Merci de ton aide, j'ai essayé de comprendre mais c'est du chinois pour moi.


----------



## ceslinstinct (9 Septembre 2010)

Bonjour

Pour mettre en veille où éteindre l'ordinateur j'utilise un AS dans le Dock (ça m'évite d'aller dans la barre des menus).

Il suffit de lui demander d'exécuter ta routine et ensuite d'éteindre.

C'est une habitude à prendre.

@+


----------



## Pédrolinno (9 Septembre 2010)

ceslinstinct a dit:


> Bonjour
> 
> 
> 
> ...


Le problème est là, je ne sais pas comment faire


----------



## ceslinstinct (9 Septembre 2010)

Pédrolinno a dit:


> Le problème est là, je ne sais pas comment faire


Bonjour

Si j'ai bien compris (détrompe moi si je fais une erreur) c'est pour synchroniser ton iPhone avec le Mac?
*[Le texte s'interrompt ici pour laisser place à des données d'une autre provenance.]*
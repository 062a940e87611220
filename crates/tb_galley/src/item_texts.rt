//! The canonical text of a galley's items.
ghost use Rattle.std.specs.Prelude.{◌≡◌, ◌++◌, OnOk};
ghost use Rattle.tb_galley.specs.CanonicalText.{text_if, places_text, wide_text, box_text, leaf_text, leaf_lines, paragraph_text, ending_text, foot_text, float_text, margin_text, head_text, enlarge_text, sides_text, pair_text, area_text, item_text, item_lines};
ghost use Rattle.tb_text.specs.Fields.{and_count, line};

use crate::glue_texts::put_glue;
use crate::value_texts::put_change;
use crate::{Item, ItemKind, Leaf, LeafKind};
use std::alloc::AllocError;
use tb_node::{Area, Float, Margin, Name, Places};
use tb_text::{put, put_amount, put_count, put_text, write_field};

// A word, a name, a height and a depth. It is inlined for each word, so that the word's length is known.
#[inline(always)]
fn put_box(
    out: &mut Vec<u8>,
    word: &[u8],
    name: &Name,
    height: i64,
    depth: i64,
) -> Result<(), AllocError>
    ensures { OnOk result (out.new.items ≡ out.old.items ++ box_text word.now name.now height depth) }
{
    put(out, word)?;
    put_text(out, name.as_bytes())?;
    put_pair(out, height, depth)
}

fn put_leaf(out: &mut Vec<u8>, leaf: &LeafKind) -> Result<(), AllocError>
    ensures { OnOk result (out.new.items ≡ out.old.items ++ leaf_text leaf.now) }
{
    match leaf {
        LeafKind::Hbox {
            name,
            height,
            depth,
        } => put_box(out, b"box", name, *height, *depth),
        LeafKind::Rule {
            name,
            height,
            depth,
        } => put_box(out, b"rule", name, *height, *depth),
        LeafKind::Skip(glue) => {
            put(out, b"glue")?;
            put_glue(out, glue)
        }
        LeafKind::Kern(width) => {
            put(out, b"kern")?;
            put_amount(out, *width)
        }
        LeafKind::Penalty(penalty) => {
            put(out, b"penalty")?;
            put_amount(out, *penalty)
        }
    }
}

fn put_leaf_line(out: &mut Vec<u8>, leaf: &LeafKind) -> Result<(), AllocError>
    ensures { OnOk result (out.new.items ≡ out.old.items ++ line (leaf_text leaf.now)) }
{
    put_leaf(out, leaf)?;
    put(out, b"\n")
}

fn put_if(out: &mut Vec<u8>, holds: bool, text: &[u8]) -> Result<(), AllocError>
    ensures { OnOk result (out.new.items ≡ out.old.items ++ text_if holds text.now) }
{
    if holds { put(out, text) } else { Ok(()) }
}

fn put_places(out: &mut Vec<u8>, bang: bool, places: &Places) -> Result<(), AllocError>
    ensures { OnOk result (out.new.items ≡ out.old.items ++ places_text bang places.now) }
{
    put(out, b" ")?;
    put_if(out, bang, b"!")?;
    put_if(out, places.h, b"h")?;
    put_if(out, places.t, b"t")?;
    put_if(out, places.b, b"b")?;
    put_if(out, places.p, b"p")
}

fn wide(wide: bool) -> &'static [u8]
    ensures { result.now ≡ wide_text wide }
{
    if wide { b" double" } else { b" single" }
}

fn put_float(out: &mut Vec<u8>, float: &Float) -> Result<(), AllocError>
    ensures { OnOk result (out.new.items ≡ out.old.items ++ float_text float.now) }
{
    put(out, b"float")?;
    put_text(out, float.name.as_bytes())?;
    put_count(out, u64::from(float.class))?;
    put(out, wide(float.wide))?;
    put_places(out, float.bang, &float.places)?;
    put_amount(out, float.height)
}

fn put_margin(out: &mut Vec<u8>, margin: &Margin) -> Result<(), AllocError>
    ensures { OnOk result (out.new.items ≡ out.old.items ++ margin_text margin.now) }
{
    put_sides(out, b"margin", margin)
}

fn put_sides(out: &mut Vec<u8>, word: &[u8], margin: &Margin) -> Result<(), AllocError>
    ensures { OnOk result (out.new.items ≡ out.old.items ++ sides_text word.now margin.now) }
{
    put_box(
        out,
        word,
        &margin.name,
        margin.left_height,
        margin.left_depth,
    )?;
    put_pair(out, margin.right_height, margin.right_depth)
}

fn put_pair(out: &mut Vec<u8>, height: i64, depth: i64) -> Result<(), AllocError>
    ensures { OnOk result (out.new.items ≡ out.old.items ++ pair_text height depth) }
{
    if height < 0 || depth < 0 {
        return put_any_pair(out, height, depth);
    }
    put_plain_pair(out, height as u64, depth as u64)
}

#[cold]
#[inline(never)]
fn put_any_pair(out: &mut Vec<u8>, height: i64, depth: i64) -> Result<(), AllocError>
    ensures { OnOk result (out.new.items ≡ out.old.items ++ pair_text height depth) }
{
    put_amount(out, height)?;
    put_amount(out, depth)
}

// A height and a depth that are not below 0, both at once.
fn put_plain_pair(out: &mut Vec<u8>, height: u64, depth: u64) -> Result<(), AllocError>
    ensures { OnOk result (out.new.items ≡ out.old.items ++ (and_count height ++ and_count depth)) }
{
    let mut line = [0; 42];
    let at = write_field(depth, &mut line, 42);
    let start = write_field(height, &mut line, at);
    put(out, &line[start..])
}

// A line of a word and a number.
fn put_degree(out: &mut Vec<u8>, word: &[u8], degree: u8) -> Result<(), AllocError>
    ensures { OnOk result (out.new.items ≡ out.old.items ++ line (word.now ++ and_count degree)) }
{
    put_number(out, word, u32::from(degree))
}

fn put_number(out: &mut Vec<u8>, word: &[u8], number: u32) -> Result<(), AllocError>
    ensures { OnOk result (out.new.items ≡ out.old.items ++ line (word.now ++ and_count number)) }
{
    put(out, word)?;
    put_count(out, u64::from(number))?;
    put(out, b"\n")
}

// A line of a word and what follows it.
fn put_line(out: &mut Vec<u8>, word: &[u8], text: &[u8]) -> Result<(), AllocError>
    ensures { OnOk result (out.new.items ≡ out.old.items ++ line (word.now ++ text.now)) }
{
    put(out, word)?;
    put(out, text)?;
    put(out, b"\n")
}

fn paragraph(vert: bool) -> &'static [u8]
    ensures { result.now ≡ paragraph_text vert }
{
    if vert { b" vert" } else { b" par" }
}

// The last fields of a float and of a marginal note.
fn put_ending(out: &mut Vec<u8>, vert: bool, nobreak: bool) -> Result<(), AllocError>
    ensures { OnOk result (out.new.items ≡ out.old.items ++ ending_text vert nobreak) }
{
    put(out, paragraph(vert))?;
    put_if(out, nobreak, b" nobreak")
}

fn area(area: Area) -> &'static [u8]
    ensures { result.now ≡ area_text area }
{
    match area {
        Area::All => b"",
        Area::Top => b" t",
        Area::Bottom => b" b",
    }
}

fn put_leaves(out: &mut Vec<u8>, leaves: &[Leaf]) -> Result<(), AllocError>
    ensures { OnOk result (out.new.items ≡ out.old.items ++ leaf_lines leaves.now) }
{
    for leaf in leaves {
        put_leaf_line(out, &leaf.kind)?;
    }
    Ok(())
}

// The line that begins a footnote: from version 2 on it names the class.
fn put_foot(out: &mut Vec<u8>, version: u8, class: u8) -> Result<(), AllocError>
    ensures { OnOk result (out.new.items ≡ out.old.items ++ foot_text version class) }
{
    if version == 1 {
        put(out, b"foot\n")
    } else {
        put_degree(out, b"foot", class)
    }
}

fn put_head(out: &mut Vec<u8>, head: &Float) -> Result<(), AllocError>
    ensures { OnOk result (out.new.items ≡ out.old.items ++ line (head_text head.now)) }
{
    put(out, b"head ")?;
    put(out, head.name.as_bytes())?;
    put_amount(out, head.height)?;
    put(out, b"\n")
}

fn put_enlarge(out: &mut Vec<u8>, by: i64, star: bool) -> Result<(), AllocError>
    ensures { OnOk result (out.new.items ≡ out.old.items ++ line (enlarge_text by star)) }
{
    put(out, b"enlarge")?;
    put_amount(out, by)?;
    put_if(out, star, b" star")?;
    put(out, b"\n")
}

fn put_item(out: &mut Vec<u8>, version: u8, item: &ItemKind) -> Result<(), AllocError>
    ensures { OnOk result (out.new.items ≡ out.old.items ++ item_text version item.now) }
{
    match item {
        ItemKind::Hbox {
            name,
            height,
            depth,
        } => {
            put_box(out, b"box", name, *height, *depth)?;
            put(out, b"\n")
        }
        ItemKind::Rule {
            name,
            height,
            depth,
        } => {
            put_box(out, b"rule", name, *height, *depth)?;
            put(out, b"\n")
        }
        ItemKind::Skip(glue) => {
            put(out, b"glue")?;
            put_glue(out, glue)?;
            put(out, b"\n")
        }
        ItemKind::Kern(width) => {
            put(out, b"kern")?;
            put_amount(out, *width)?;
            put(out, b"\n")
        }
        ItemKind::Penalty(penalty) => {
            put(out, b"penalty")?;
            put_amount(out, *penalty)?;
            put(out, b"\n")
        }
        ItemKind::Mark(name) => {
            put(out, b"mark ")?;
            put(out, name.as_bytes())?;
            put(out, b"\n")
        }
        ItemKind::Note(name) => {
            put(out, b"note ")?;
            put(out, name.as_bytes())?;
            put(out, b"\n")
        }
        ItemKind::Foot { class, leaves } => {
            put_foot(out, version, *class)?;
            put_leaves(out, leaves.as_slice())?;
            put(out, b"endfoot\n")
        }
        ItemKind::Float { float, vert } => {
            put_float(out, float)?;
            put_ending(out, *vert, float.nobreak)?;
            put(out, b"\n")
        }
        ItemKind::Margin { margin, vert } => {
            put_margin(out, margin)?;
            put_ending(out, *vert, margin.nobreak)?;
            put(out, b"\n")
        }
        ItemKind::NewPage => put(out, b"newpage\n"),
        ItemKind::ClearPage => put(out, b"clearpage\n"),
        ItemKind::PageBreak(degree) => put_degree(out, b"pagebreak", *degree),
        ItemKind::NoPageBreak(degree) => put_degree(out, b"nopagebreak", *degree),
        ItemKind::OneColumn => put(out, b"onecolumn\n"),
        ItemKind::TwoColumn => put(out, b"twocolumn\n"),
        ItemKind::Suppress(kept) => put_line(out, b"suppressfloats", area(*kept)),
        ItemKind::Page(number) => put_number(out, b"page", *number),
        ItemKind::Head(head) => put_head(out, head),
        ItemKind::Enlarge { by, star } => put_enlarge(out, *by, *star),
        ItemKind::Set(change) => put_change(out, change),
    }
}

/// Puts the lines of these items.
pub(crate) fn put_items(out: &mut Vec<u8>, version: u8, items: &[Item]) -> Result<(), AllocError>
    ensures { OnOk result (out.new.items ≡ out.old.items ++ item_lines version items.now) }
{
    for item in items {
        put_item(out, version, &item.kind)?;
    }
    Ok(())
}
Car dans ta demande il n'est fait aucune mention de synchronisation de 2 appareils différents.

@+


----------



## tatouille (9 Septembre 2010)

c'est possible avec une approche un peu plus strong que mike, j'avais queques tests (experimentations perso),

tu crees un startupitem ou lauchd service qui pointe sur ton deamon, ton deamon hook les deux system events, et va lire un dossier d'actions a appliquer lors de ces deux evenements bien sur c'est instable dans certain cas car n'ayant pas un "hold on a sec system call shutdown" wait for background tasks, donc je n'ai pas continué car ne pouvant garantir un 100% safe, soit parfois sa stop l'arret ou cela tue les donnees.

mais je suis 100% d'accord cela devrait etre present dans l'os.


----------



## ceslinstinct (9 Septembre 2010)

Bonjour

Ne connaissant rien du terminal, j'aurais testé en AppleScript.

Un code en tache de fond qui recherche toutes les X secondes si le code de l'instinction (dans le dock) est lancé.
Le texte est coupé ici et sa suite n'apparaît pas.